Now I can’t say for sure, but I don’t remember my grandmother ever “meeting” a sweet potato. To be honest, I’m not sure I even knew what a sweet potato was until college. I had to dive deep into their nutritional profile before admitting they just might be superior to the beloved white potato of my childhood. Much like their counterpart, they can be boiled, pureed, or made into crave-worthy fries. You may enjoy a baked sweet potato with a dash of cinnamon and honey. You may even put them in your smoothies or roasted atop a savory winter salad. One thing I highly suggest you do is try them mashed – with miso, coconut butter, and wasabi. That’s right, wasabi!
The sweetness of potato paired with decadently smooth coconut butter and a hidden snap of heated wasabi is slightly confusing but altogether wonderful to your taste buds. Add some mildly sweet and salty white miso for the perfect combination of flavors you’d never expect to be the most delicious potato you’ve ever eaten. This recipe, comprised of simple, yet distinct flavors comes together effortlessly and is sure to be a new favorite!
Why we love it:
- Coconut Butter is a medium-chain fatty acid (about 60 percent fat) that aids in weight loss, boosting immunity, warding off viruses, helping prevent disease, providing a performance boost for athletes, containing beneficial fiber, giving hair a shine and providing iron.

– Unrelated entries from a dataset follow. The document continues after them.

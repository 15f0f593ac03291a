//! The frames of a client, and what the server does with each.
ghost use Rattle.std.specs.Prelude.{◌≡◌, IfOk, OnOk, map, string_bytes};
ghost use Rattle.hm_lsp_frames.specs.Pending.{item_of};
ghost use Rattle.hm_lsp_server.specs.Servers.{IsOrderly};
ghost use Rattle.hm_lsp_session.specs.Cancelled.{cancels_of};
ghost use Rattle.hm_lsp_serving.specs.Taking.{AreCancels, AreNoted, AreRead, IsBodyTaken, IsFrameTaken, IsItemNoted, IsOpenedBy, IsRead};

use crate::disk::{Disk, OnDisk};
use hm_lsp_frames::Frame;
use hm_lsp_server::{Server, Taken};
use hm_lsp_session::{Cancelled, Refusal, opened_by, refusal};
use serde_json::Value;
use std::alloc::{AllocError, Global};
use std::sync::Wait;
use std::thread::Threads;

/// A server, and the disk that has its sources.
#[derive(Drop)]
pub struct Serving<D> {
    pub alloc: Global,
    pub server: Server,
    pub disk: D,
}

/// Notes a frame, if it cancels a request.
fn note(cancelled: &mut Cancelled, frame: &Frame) -> Result<(), AllocError>
    ensures { OnOk result (IsItemNoted (item_of frame.now) (cancels_of cancelled.old) (cancels_of cancelled.new)) }
{
    match frame {
        Frame::Body(body) => cancelled.note(body),
        Frame::TooLong | Frame::Malformed => Ok(()),
    }
}

/// Returns the messages of frames that cancel requests, in order.
fn noted_in(alloc: Global, frames: &[Frame]) -> Result<Cancelled, AllocError>
    ensures { IfOk result (λ cancelled. AreNoted (map item_of frames.now) (cancels_of cancelled)) }
{
    let mut cancelled = Cancelled::new(alloc);
    'frames: for frame in frames {
        note(&mut cancelled, frame)?;
    }
    Ok(cancelled)
}

// Why: docs/DECISIONS.md, "Cancelled requests".
/// Returns the messages of frames that wait together and cancel requests. The first frame cancels none that waits.
pub(crate) fn cancelled_in(alloc: Global, frames: &[Frame]) -> Result<Cancelled, AllocError>
    ensures { IfOk result (λ cancelled. AreCancels (map item_of frames.now) (cancels_of cancelled)) }
{
    let Some((_, later)) = frames.split_first() else {
        return Ok(Cancelled::new(alloc));
    };
    Ok(noted_in(alloc, later)?)
}

// Why: docs/DECISIONS.md, "Folders of the client".
/// Begins anew with the files of the folders that a body opens, if it is the first request that opens some.
fn open<T: Threads, D: Disk + Drop>(
    rt: &T,
    serving: &mut Serving<D>,
    body: &[u8],
) -> Result<(), AllocError>
    requires { IsOrderly serving.old.server }
    ensures orderly { OnOk result (IsOrderly serving.new.server) }
    ensures opened { OnOk result (IsOpenedBy body.now serving.old.server serving.new.server) }
{
    if !serving.server.is_new() {
        return Ok(());
    }
    let Some(opened) = opened_by(serving.alloc, body)? else {
        return Ok(());
    };
    let Some(files) = serving.disk.open(&opened)? else {
        return Ok(());
    };
    serving.server = Server::new(rt, serving.alloc, files)?;
    Ok(())
}

/// Takes the body of a frame, and returns what follows. A request that is cancelled has a reply that says so.
fn take_body<T: Threads + Wait + Sync, D: Disk + Drop>(
    rt: &T,
    serving: &mut Serving<D>,
    cancelled: &Cancelled,
    body: &[u8],
) -> Result<Taken, AllocError>
    requires { IsOrderly serving.old.server }
    ensures orderly { OnOk result (IsOrderly serving.new.server) }
    ensures taken { IfOk result (IsBodyTaken (cancels_of cancelled.now) body.now serving.old.server serving.new.server) }
{
    match cancelled.reply(body)? {
        Some(reply) => return Ok(Taken::Reply(reply)),
        None => {}
    }
    open(rt, serving, body)?;
    Ok(serving.server.take(rt, body)?)
}

/// Takes a frame, and returns what follows.
pub(crate) fn take_frame<T: Threads + Wait + Sync, D: Disk + Drop>(
    rt: &T,
    serving: &mut Serving<D>,
    cancelled: &Cancelled,
    frame: &Frame,
) -> Result<Taken, AllocError>
    requires { IsOrderly serving.old.server }
    ensures orderly { OnOk result (IsOrderly serving.new.server) }
    ensures taken { IfOk result (IsFrameTaken (cancels_of cancelled.now) (item_of frame.now) serving.old.server serving.new.server) }
{
    let (why, text) = match frame {
        Frame::Body(body) => return take_body(rt, serving, cancelled, body),
        Frame::TooLong => (Refusal::InvalidRequest, "this message is too long"),
        Frame::Malformed => (Refusal::ParseError, "this is no header"),
    };
    Ok(Taken::Reply(refusal(serving.alloc, &Value::Null, why, text)?))
}

/// Reads the file with this URI, if it is a source of the folders.
fn read_file<T: Threads, D: Disk + Drop>(
    rt: &T,
    serving: &mut Serving<D>,
    uri: &str,
) -> Result<(), AllocError>
    requires { IsOrderly serving.old.server }
    ensures orderly { OnOk result (IsOrderly serving.new.server) }
    ensures read { OnOk result (IsRead uri.now serving.old.server serving.new.server) }
{
    let text = match serving.disk.read(uri)? {
        OnDisk::NoSource => return Ok(()),
        OnDisk::Missing => None,
        OnDisk::Text(text) => Some(text),
    };
    Ok(serving.server.read_file(rt, uri, text)?)
}

/// Reads the files with these URIs that are sources of the folders, in order.
pub(crate) fn read_files<T: Threads, D: Disk + Drop>(
    rt: &T,
    serving: &mut Serving<D>,
    uris: &[String],
) -> Result<(), AllocError>
    requires { IsOrderly serving.old.server }
    ensures orderly { OnOk result (IsOrderly serving.new.server) }
    ensures read { OnOk result (AreRead serving.old.server (map string_bytes uris.now) serving.new.server) }
{
    'files: for uri in uris {
        read_file(rt, serving, uri.as_str())?;
    }
    Ok(())
}
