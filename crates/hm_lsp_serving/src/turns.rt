//! A turn of the server: the frames that are whole, and the diagnostics after them.
ghost use Rattle.std.specs.Prelude.{◌≡◌, ◌++◌, ℕ, List, IfOk, OnOk, map};
ghost use Rattle.serde_json.specs.Data.{Data};
ghost use Rattle.hm_lsp_frames.specs.Pending.{IsPending, item_of};
ghost use Rattle.hm_lsp_server.specs.Servers.{IsOrderly};
ghost use Rattle.hm_lsp_session.specs.Cancelled.{cancels_of};
ghost use Rattle.hm_lsp_serving.specs.Taking.{IsDone, IsFrameDone, status_in};
ghost use Rattle.hm_lsp_serving.specs.Turns.{AreWritten, IsToldAfter};
ghost use Rattle.hm_lsp_serving.specs.Steps.{AreTakenUpTo, IsPublishedNow, IsTurnOf};

use crate::disk::Disk;
use crate::taking::{Serving, cancelled_in, read_files, take_frame};
use hm_lsp_frames::{Frame, Frames, take_all};
use hm_lsp_output::{SendFault, send};
use hm_lsp_server::Taken;
use hm_lsp_session::Cancelled;
use std::io::Write;
use std::slice;
use std::sync::Wait;
use std::thread::Threads;

/// Does what follows from a frame. Returns the exit status if the server ends.
fn act<T: Threads, D: Disk + Drop, W: Write>(
    rt: &T,
    serving: &mut Serving<D>,
    writer: &mut W,
    taken: Taken,
) -> Result<Option<u8>, SendFault>
    requires { IsOrderly serving.old.server }
    ensures orderly { OnOk result (IsOrderly serving.new.server) }
    ensures status { IfOk result (λ status. status ≡ status_in taken) }
    ensures done { OnOk result ((sent : List Data) × (IsDone taken serving.old.server serving.new.server sent × AreWritten (W.contents writer.old) (W.contents writer.new) sent)) }
{
    match taken {
        Taken::Nothing => Ok(None),
        Taken::Reply(value) | Taken::Request(value) => {
            send(serving.alloc, writer, slice::from_ref(&value))?;
            Ok(None)
        }
        Taken::Files(uris) => {
            read_files(rt, serving, &uris)?;
            Ok(None)
        }
        Taken::Ended(status) => Ok(Some(status)),
    }
}

/// Takes a frame, and does what follows. Returns the exit status if the server ends.
fn step<T: Threads + Wait + Sync, D: Disk + Drop, W: Write>(
    rt: &T,
    serving: &mut Serving<D>,
    writer: &mut W,
    cancelled: &Cancelled,
    frame: &Frame,
) -> Result<Option<u8>, SendFault>
    requires { IsOrderly serving.old.server }
    ensures orderly { OnOk result (IsOrderly serving.new.server) }
    ensures done { IfOk result (λ status. (sent : List Data)
        × (IsFrameDone (cancels_of cancelled.now) (item_of frame.now) serving.old.server serving.new.server sent status × AreWritten (W.contents writer.old) (W.contents writer.new) sent)) }
{
    let taken = take_frame(rt, serving, cancelled, frame)?;
    Ok(act(rt, serving, writer, taken)?)
}

/// Takes frames in order. Returns the exit status if the server ends at one.
fn take_frames<T: Threads + Wait + Sync, D: Disk + Drop, W: Write>(
    rt: &T,
    serving: &mut Serving<D>,
    writer: &mut W,
    cancelled: &Cancelled,
    frames: &[Frame],
) -> Result<Option<u8>, SendFault>
    requires { IsOrderly serving.old.server }
    ensures orderly { OnOk result (IsOrderly serving.new.server) }
    ensures taken { IfOk result (λ status. (sent : List Data)
        × (AreTakenUpTo (cancels_of cancelled.now) (map item_of frames.now) serving.old.server serving.new.server sent status × AreWritten (W.contents writer.old) (W.contents writer.new) sent)) }
{
    'frames: for frame in frames {
        match step(rt, serving, writer, cancelled, frame)? {
            Some(status) => return Ok(Some(status)),
            None => {}
        }
    }
    Ok(None)
}

/// Sends the diagnostics, if the texts have changed.
fn publish<T: Threads + Wait + Sync, D: Disk + Drop, W: Write>(
    rt: &T,
    serving: &mut Serving<D>,
    writer: &mut W,
) -> Result<(), SendFault>
    requires { IsOrderly serving.old.server }
    ensures orderly { OnOk result (IsOrderly serving.new.server) }
    ensures published { OnOk result ((sent : List Data) × (IsPublishedNow serving.old.server serving.new.server sent × AreWritten (W.contents writer.old) (W.contents writer.new) sent)) }
{
    let mut sent = Vec::new(serving.alloc);
    serving.server.publish(rt, &mut sent)?;
    Ok(send(serving.alloc, writer, &sent)?)
}

/// Sends the diagnostics, if the texts have changed and no byte of a frame is left.
fn finish<T: Threads + Wait + Sync, D: Disk + Drop, W: Write>(
    rt: &T,
    serving: &mut Serving<D>,
    writer: &mut W,
    frames: &Frames,
) -> Result<(), SendFault>
    requires { IsOrderly serving.old.server }
    ensures orderly { OnOk result (IsOrderly serving.new.server) }
    ensures told { OnOk result ((sent : List Data) × (((rest : List ℕ) → IsPending frames.now rest → IsToldAfter rest serving.old.server serving.new.server sent)
        × AreWritten (W.contents writer.old) (W.contents writer.new) sent)) }
{
    if !frames.is_empty() {
        return Ok(());
    }
    Ok(publish(rt, serving, writer)?)
}

/// Takes all frames that are whole after a piece was read, and sends the diagnostics if no byte of a frame is left. Returns the exit status if the server
/// ends.
pub(crate) fn take_turn<T: Threads + Wait + Sync, D: Disk + Drop, W: Write>(
    rt: &T,
    serving: &mut Serving<D>,
    writer: &mut W,
    frames: &mut Frames,
    piece: &[u8],
) -> Result<Option<u8>, SendFault>
    requires { IsOrderly serving.old.server }
    ensures orderly { OnOk result (IsOrderly serving.new.server) }
    ensures turn { IfOk result (λ status. (waits : List ℕ) → IsPending frames.old waits → (rest : List ℕ) × ((sent : List Data)
        × (IsPending frames.new rest × (IsTurnOf (waits ++ piece.now) serving.old.server serving.new.server rest sent status × AreWritten (W.contents writer.old) (W.contents writer.new) sent)))) }
{
    let alloc = serving.alloc;
    frames.add(piece)?;
    let mut whole = Vec::new(alloc);
    take_all(frames, &mut whole)?;
    let whole = whole.as_slice();
    let cancelled = cancelled_in(alloc, whole)?;
    match take_frames(rt, serving, writer, &cancelled, whole)? {
        Some(status) => return Ok(Some(status)),
        None => {}
    }
    finish(rt, serving, writer, frames)?;
    Ok(None)
}
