//! The interface of an imported module, among those of all imports.

ghost use Rattle.std.specs.Prelude.{◌≡◌, ◌<◌, IfSome, IfNone, Contains, length};
ghost use Rattle.std.specs.Borrow.{Bor};
ghost use Rattle.hm_types.specs.Interfaces.{Exports as Interface};
ghost use Rattle.hm_scope_imports.specs.Apart.{IsNamedAt, AreNotNamed};

use hm_types::Interface;

/// Returns the place of an interface with this name, from this place on.
fn place_from(interfaces: &[&Interface], from: usize, name: &str) -> Option<usize>
    ensures within { IfSome result (λ place. place < length interfaces.now) }
    ensures named { IfSome result (λ place. IsNamedAt interfaces.now place name.now) }
    ensures none { IfNone result (AreNotNamed interfaces.now from (length interfaces.now) name.now) }
{
    for place in from..interfaces.len() {
        let interface = interfaces[place];
        if interface.name() == name {
            return Some(place);
        }
    }
    None
}

// Why: docs/DECISIONS.md, "Interfaces by place".
/// Returns the place of an interface with this name. The interface at `from` is compared first, then those after it.
pub(crate) fn place_of(interfaces: &[&Interface], from: usize, name: &str) -> Option<usize>
    ensures within { IfSome result (λ place. place < length interfaces.now) }
    ensures named { IfSome result (λ place. IsNamedAt interfaces.now place name.now) }
    ensures none { IfNone result ((f : Bor Interface) → Contains interfaces.now f → ¬ (f.now.name ≡ name.now)) }
{
    match place_from(interfaces, from, name) {
        Some(place) => Some(place),
        None => place_from(interfaces, 0, name),
    }
}
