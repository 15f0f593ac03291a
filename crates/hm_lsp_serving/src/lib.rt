//! Serves one client: reads frames, takes their messages in order, and sends replies and diagnostics.
//!
//! [`serve`] does so for any reader and writer. A [`Disk`] has the files of the folders that the client opens.
#![tactic(auto)]

mod disk;
mod faults;
pub mod laws;
mod serving;
mod taking;
mod turns;

pub use crate::disk::{Disk, OnDisk};
pub use crate::faults::ServeFault;
pub use crate::serving::{Client, serve};
pub use crate::taking::Serving;
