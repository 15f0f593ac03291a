//! The disk that has the sources of a client.

use hm_lsp_server::SourceFile;
use hm_lsp_session::Opened;
use std::alloc::AllocError;

/// What a disk has for a URI.
#[derive(Drop)]
pub enum OnDisk {
    /// It is no source of the folders.
    NoSource,
    /// The source isn't there, or can't be read.
    Missing,
    /// The text of the source.
    Text(Vec<u8>),
}

/// A disk with the folders whose files are sources.
pub trait Disk {
    /// Takes the folders that a client opens, and returns their sources. Returns `None` if the client can't choose the folders.
    fn open(&mut self, opened: &Opened) -> Result<Option<Vec<SourceFile>>, AllocError>;

    /// Returns what the disk has for a URI.
    fn read(&mut self, uri: &str) -> Result<OnDisk, AllocError>;
}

- Sweet potatoes contain a good amount of fiber as well as vitamin A, vitamin C, manganese and several other vitamins and minerals. They are especially high in beta-carotene, which is a powerful antioxidant that can help promote healthy vision, improve respiratory health and even protect your skin. This vitamin is especially important in terms of immunity, it helps stimulate the production of immune cells that fight off disease and infection.
- Wasabi, known by some as “Japanese horseradish”, contains high levels of isothiocyanates. These antioxidants help fight and prevent disease by reducing inflammation and eliminating free radicals and harmful bacteria. Regular consumption of wasabi has been shown to benefit heart health, prevent cancer, and treat respiratory conditions and arthritis.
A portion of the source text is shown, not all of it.